BHP Billiton Ltd. rejected a new activist call for a corporate overhaul and joined rivals in boosting investor returns as first-half profit rose to a three-year high.
The world’s biggest miner raised interim dividend payments 38 percent to beat estimates as underlying earnings rose by 25 percent to $4.1 billion, according to a Tuesday statement.
Higher commodity prices lifted the results, Chief Executive Officer Andrew Mackenzie said in the statement. “We used this cash to further reduce net debt and increase returns to shareholders through higher dividends,” he said.
China’s growth is expected to slow modestly through 2018, as strength in infrastructure is offset by weaker expansion in housing and automobile markets, BHP said.
The company rejected a renewed demand from activist investor Elliott Management Corp. to review potential benefits of reorganizing as a single company in Australia. The New-York based fund argues an overhaul could add more than $22 billion in value for shareholders and wants BHP to conduct an independent study.
“We consider that the costs and risks of collapsing the DLC outweigh the potential benefits,” BHP said.

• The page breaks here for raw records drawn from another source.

ghost use Rattle.std.{specs.Prelude.{◌≡◌, ◌<◌, ◌≤◌, [], length, map, not, None, IfOk, IfErr, IfSome, option_map, slice_get, vec_len, vec_capacity}, specs.List.filter, specs.Ordering.eq_by_cmp, specs.FinMap.{find, put as put_row}};
ghost use Rattle.transaction_map.{specs.Places.{IsAt, IsGap}, specs.Map.{id_cmp, AreRising}};

use crate::named::NamedValue;
use ledger_model::TxId;
use std::alloc::{AllocError, Global};
use std::marker::Model;

/// Values by transaction id, in one sorted run that `open` reserves. Contracts see the rows by
/// rising id, and how many there may be.
#[derive(Drop)]
pub struct TransactionMap<V> {
    rows: Vec<NamedValue<V>>,
    capacity: u32,
    // Where the row of the last search is or belongs: it saves a search, and changes no answer.
    near: usize,
}

impl<V> Model for TransactionMap<V> {
    ghost use Rattle.std.specs.Prelude.{vec_capacity};
    ghost use Rattle.transaction_map.{specs.Map.Mapped, specs.Kept.IsMap};

    ghost Value = { Mapped V };

    ghost view = { λ m. record { rows = m.rows.items; capacity = m.capacity } };

    ghost invariant = { λ m. IsMap m.rows.items m.capacity (vec_capacity m.rows) };
}

// The place of the row of an id among rows by rising id; the error says where it belongs.
#[inline(never)]
fn place<V: Copy>(rows: &[NamedValue<V>], tx: &TxId) -> Result<usize, usize>
    requires { AreRising rows.now }
    ensures at { IfOk result (λ i. IsAt tx.now rows.now i) }
    ensures gap { IfErr result (λ i. IsGap tx.now rows.now i) }
{
    rows.binary_search_by(|row| row.cmp_id(tx))
}

// The place of the row of an id; the error says where it belongs. The call looks at the place
// `near` first.
fn place_near<V: Copy>(rows: &[NamedValue<V>], near: usize, tx: &TxId) -> Result<usize, usize>
    requires { AreRising rows.now }
    ensures at { IfOk result (λ i. IsAt tx.now rows.now i) }
    ensures gap { IfErr result (λ i. IsGap tx.now rows.now i) }
{
    if near < rows.len() && rows[near].is_of(tx) {
        return Ok(near);
    }
    place(rows, tx)
}

impl<V: Copy> TransactionMap<V> {
    /// A map without transactions, with room for `capacity` of them; the error says that the
    /// allocator refused memory.
    pub fn open(alloc: Global, capacity: u32) -> Result<Self, AllocError>
        ensures rows { IfOk result (λ m. m.rows ≡ []) }
        ensures capacity { IfOk result (λ m. m.capacity ≡ capacity) }
    {
        let rows = Vec::with_capacity(alloc, capacity as usize)?;
        Ok(TransactionMap {
            rows,
            capacity,
            near: 0,
        })
    }

    /// The value of a transaction, and the place of its row; none if it is absent. The next calls need no
    /// search for it; their answers stay the same.
    pub fn seek(&mut self, tx: &TxId) -> Option<(usize, V)>
        ensures value { option_map (λ f. f.1) result ≡ find id_cmp tx.now self.old.rows }
        ensures at { IfSome result (λ f. IsAt tx.now self.old.rows f.0) }
        ensures same { self.new ≡ self.old }
    {
        match place_near(&self.rows, self.near, tx) {
            Ok(at) => {
                self.near = at;
                Some((at, self.rows[at].value()))
            }
            Err(at) => {
                self.near = at;
                None
            }
        }
    }

    /// Where the transaction of the last search is or belongs, for [`TransactionMap::look_near`] of a
    /// map that has about the same transactions.
    pub fn near(&self) -> usize {
        self.near
    }

    /// The next search looks at this place first. No answer changes.
    pub fn look_near(&mut self, near: usize)
        ensures { self.new ≡ self.old }
    {
        self.near = near;
    }

    /// How many transactions it holds.
    pub fn len(&self) -> u32
        ensures len { result ≡ length self.now.rows }
        ensures within { length self.now.rows ≤ self.now.capacity }
        ensures rising { AreRising self.now.rows }
    {
        self.rows.len() as u32
    }

    /// How many transactions it may hold.
    pub fn capacity(&self) -> u32
        ensures { result ≡ self.now.capacity }
    {
        self.capacity
    }

    /// The value of a transaction; none if it is absent.
    pub fn get(&self, tx: &TxId) -> Option<V>
        ensures { result ≡ find id_cmp tx.now self.now.rows }
    {
        match place_near(&self.rows, self.near, tx) {
            Ok(at) => Some(self.rows[at].value()),
            Err(_) => None,
        }
    }

    /// The value of a transaction, and the place of its row; none if it is absent.
    pub fn find(&self, tx: &TxId) -> Option<(usize, V)>
        ensures value { option_map (λ f. f.1) result ≡ find id_cmp tx.now self.now.rows }
        ensures at { IfSome result (λ f. IsAt tx.now self.now.rows f.0) }
    {
        match place_near(&self.rows, self.near, tx) {
            Ok(at) => Some((at, self.rows[at].value())),
            Err(_) => None,
        }
    }

    /// The id at a place, the first at 0; none past the last.
    pub fn id_at(&self, place: usize) -> Option<&TxId>
        ensures { option_map (λ id. id.now) result ≡ slice_get (map (λ r. r.0) self.now.rows) place }
    {
        match self.rows.get(place) {
            Some(row) => Some(row.id()),
            None => None,
        }
    }

    /// Writes the value of a transaction, or adds it if it is absent; then the map must have room.
    pub fn put(&mut self, tx: &TxId, value: V)
        requires { find id_cmp tx.now self.old.rows ≡ None → length self.old.rows < self.old.capacity }
        ensures rows { self.new.rows ≡ put_row id_cmp tx.now value self.old.rows }
        ensures capacity { self.new.capacity ≡ self.old.capacity }
    {
        put_in(&mut self.rows, self.near, tx, value);
    }

    /// Writes the value of a transaction that has its row at this place.
    pub fn set_at(&mut self, place: usize, tx: &TxId, value: V)
        requires { IsAt tx.now self.old.rows place }
        ensures rows { self.new.rows ≡ put_row id_cmp tx.now value self.old.rows }
        ensures capacity { self.new.capacity ≡ self.old.capacity }
    {
        write_at(&mut self.rows, place, tx, value);
    }

    /// Takes out the value of a transaction, and returns it; `None` if it is absent.
    pub fn remove(&mut self, tx: &TxId) -> Option<V>
        ensures value { result ≡ find id_cmp tx.now self.old.rows }
        ensures rows { self.new.rows ≡ filter (λ r. not (eq_by_cmp id_cmp tx.now r.0)) self.old.rows }
        ensures capacity { self.new.capacity ≡ self.old.capacity }
    {
        take_out(&mut self.rows, self.near, tx)
    }
}

// Writes the row of an id, which is at this place.
fn write_at<V: Copy>(rows: &mut Vec<NamedValue<V>>, at: usize, tx: &TxId, value: V)
    requires { IsAt tx.now rows.old.items at }
    ensures items { rows.new.items ≡ put_row id_cmp tx.now value rows.old.items }
    ensures capacity { vec_capacity rows.new ≡ vec_capacity rows.old }
{
    rows[at].set(value);
}

// Writes the row of an id, or adds it if the id is new.
fn put_in<V: Copy>(rows: &mut Vec<NamedValue<V>>, near: usize, tx: &TxId, value: V)
    requires rising { AreRising rows.old.items }
    requires room { find id_cmp tx.now rows.old.items ≡ None → vec_len rows.old < vec_capacity rows.old }
    ensures items { rows.new.items ≡ put_row id_cmp tx.now value rows.old.items }
    ensures capacity { vec_capacity rows.new ≡ vec_capacity rows.old }
{
    match place_near(rows, near, tx) {
        Ok(at) => rows[at].set(value),
        Err(at) => {
            // There is room, so this takes no memory and succeeds.
            let _ = rows.insert(at, NamedValue::new(tx.copied(), value));
        }
    }
}

// Takes out the row of an id, and returns its value.
fn take_out<V: Copy>(rows: &mut Vec<NamedValue<V>>, near: usize, tx: &TxId) -> Option<V>
    requires rising { AreRising rows.old.items }
    ensures value { result ≡ find id_cmp tx.now rows.old.items }
    ensures items { rows.new.items ≡ filter (λ r. not (eq_by_cmp id_cmp tx.now r.0)) rows.old.items }
    ensures capacity { vec_capacity rows.new ≡ vec_capacity rows.old }
{
    match place_near(rows, near, tx) {
        Ok(at) => Some(rows.remove(at).value()),
        Err(_) => None,
    }
}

The producer said initial bids are expected in the June quarter as it advances the sale of U.S. shale assets worth about $10 billion.
BHP follows its largest competitor Rio Tinto Group, which boosted annual dividend payments by about 70 percent, and producers including South32 Ltd. in meeting investors’ demands for higher returns. The company has potential to hand back about $4 billion in cash over the next 12 months, according to Macquarie Group Ltd. analysts.